How to divide the dataset when it is distributed

sunshk1227 · May 15, 2020, 9:32am

Hi everyone!

I am a beginner in PyTorch. Now I want to divide a dataset into two parts: the train set and validation set when using torch.distributed. I know that on a single GPU I can do this using a sampler:

indices = list(range(len(train_data)))
train_loader = torch.utils.data.DataLoader(
      train_data, batch_size=args.batch_size,
      sampler=torch.utils.data.sampler.SubsetRandomSampler(indices[:split]),
      pin_memory=True, num_workers=2)

But when I want to train it in a parallel way using torch.distributed, I have to use another sampler, namely, sampler = torch.utils.data.distributed.DistributedSampler(train_data)

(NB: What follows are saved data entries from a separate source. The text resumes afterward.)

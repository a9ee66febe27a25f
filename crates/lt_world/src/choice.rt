use lt_modes::Step;

/// A move that a node might make.
#[derive(Clone, Copy, Debug, PartialEq, Eq)]
pub struct Choice {
    pub node: u8,
    pub step: Step,
}
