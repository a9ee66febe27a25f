ghost use Rattle.std.specs.Prelude.{◌≡◌, ◌<◌, ◌≤◌, ◌||◌, ℕ, false, length, slice_index_or, IfOk, IfSome};
ghost use Rattle.lt_modes.specs.Waiting.{stands_before, parked_behind};
ghost use Rattle.lt_spec.specs.Facts.{state_at};
ghost use Rattle.lt_spec.specs.Holdings.{waits_behind, is_kept_by};
ghost use Rattle.lt_node.specs.Marks.{AreAdded};
ghost use Rattle.lt_world.specs.Fields.{world_of};
ghost use Rattle.lt_world.specs.Waits.{stands_in_way, waits_by, AreBehind};

use super::World;
use lt_modes::Ask;
use std::alloc::{AllocError, Global};

// For whom a client waits, where all those are marked behind whose asks its own waits.
impl World {
    // A mark for each client: whether the ask, if there is one, waits behind one of the client.
    pub(super) fn behind(
        &self,
        alloc: Global,
        ask: &Option<(u32, Ask)>,
    ) -> Result<Vec<bool>, AllocError>
        requires { IfSome ask.now (λ found. found.0 < length self.now.script.sets) }
        ensures { IfOk result
            (λ marks. IfSome ask.now (λ found. AreBehind self.now found.0 found.1.client marks.items)) }
    {
        let mut marks = no_marks(alloc, self.script.clients())?;
        if let Some((set, ask)) = ask {
            self.mark_behind(&mut marks, *set, ask.client);
        }
        Ok(marks)
    }

    // Marks each client behind whose ask for the set one of this client waits.
    fn mark_behind(&self, marks: &mut Vec<bool>, set: u32, client: u16)
        requires set { set < length self.now.script.sets }
        requires marks { length marks.old.items ≤ length self.now.script.clients }
        ensures { AreAdded (λ other. waits_behind self.now.script (world_of self.now) set other client)
            marks.old.items marks.new.items }
    {
        for node in 0..self.script.nodes() {
            self.mark_at(marks, node, set, client);
        }
    }

    // Marks those behind whose asks it waits at this node.
    fn mark_at(&self, marks: &mut Vec<bool>, node: u8, set: u32, client: u16)
        requires node { node < self.now.script.nodes }
        requires set { set < length self.now.script.sets }
        requires marks { length marks.old.items ≤ length self.now.script.clients }
        ensures { AreAdded (λ other. stands_before (state_at (world_of self.now) set node) other client
            || parked_behind (state_at (world_of self.now) set node) other client) marks.old.items marks.new.items }
    {
        self.network.nodes[usize::from(node)].mark_behind(marks, set, client);
    }

    // Whether the other one is another client, and stands in the way of the client's ask, if there is one.
    pub(super) fn waits_by_marks(
        &self,
        client: u16,
        other: u16,
        ask: &Option<(u32, Ask)>,
        behind: &[bool],
    ) -> bool
        requires other { other < length self.now.script.clients }
        requires set { IfSome ask.now (λ found. found.0 < length self.now.script.sets) }
        requires behind { IfSome ask.now (λ found. AreBehind self.now found.0 found.1.client behind.now) }
        ensures { result ≡ waits_by self.now client other ask.now }
    {
        client != other && self.is_kept_by_marks(other, ask, behind)
    }

    // Whether the other client stands in the way of the ask, if there is one.
    fn is_kept_by_marks(&self, other: u16, ask: &Option<(u32, Ask)>, behind: &[bool]) -> bool
        requires other { other < length self.now.script.clients }
        requires set { IfSome ask.now (λ found. found.0 < length self.now.script.sets) }
        requires behind { IfSome ask.now (λ found. AreBehind self.now found.0 found.1.client behind.now) }
        ensures { result ≡ stands_in_way self.now other ask.now }
    {
        match ask {
            Some((set, ask)) => self.is_marked_or_bars(*set, other, ask, behind),
            None => false,
        }
    }

    // Whether the ask waits behind one of the other client that isn't void, or this one's lock stands in its way.
    fn is_marked_or_bars(&self, set: u32, other: u16, ask: &Ask, behind: &[bool]) -> bool
        requires set { set < length self.now.script.sets }
        requires other { other < length self.now.script.clients }
        requires behind { AreBehind self.now set ask.now.client behind.now }
        ensures { result ≡ is_kept_by self.now.script (world_of self.now) set other ask.now }
    {
        (behind[usize::from(other)] && !self.gave_up(set, other))
            || self.holds_against(set, ask.mode, other)
    }
}

// A mark for each of so many clients, none of which is set.
fn no_marks(alloc: Global, clients: u16) -> Result<Vec<bool>, AllocError>
    ensures count { IfOk result (λ marks. length marks.items ≡ clients) }
    ensures none { IfOk result (λ marks. (client : ℕ) → slice_index_or marks.items client false ≡ false) }
{
    let mut marks = Vec::new(alloc);
    marks.resize(usize::from(clients), false)?;
    Ok(marks)
}
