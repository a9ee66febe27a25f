use lt_desk::Letter;

/// A move for which room was made: a command of a client, or a letter of a sender that is in hand.
#[derive(Drop)]
pub(crate) enum Reserved {
    Acting { client: u16 },
    Taking { sender: u8, letter: Letter },
}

So how should I do to use the two samplers, so that I can divide the dataset and distribute it at the same time?

Thank you very much for any help!

sunshk1227 · May 15, 2020, 10:27am

Yeah, I find a solution with the help of Szymon Maszke. Use torch.utils.data.random_split instead. Namely,

train_data, val_data = torch.utils.data.random_split(
      train_data, (num_train, num_val))

mrshenli · May 15, 2020, 2:36pm

cc @vincentqb just in case if there are different suggestions.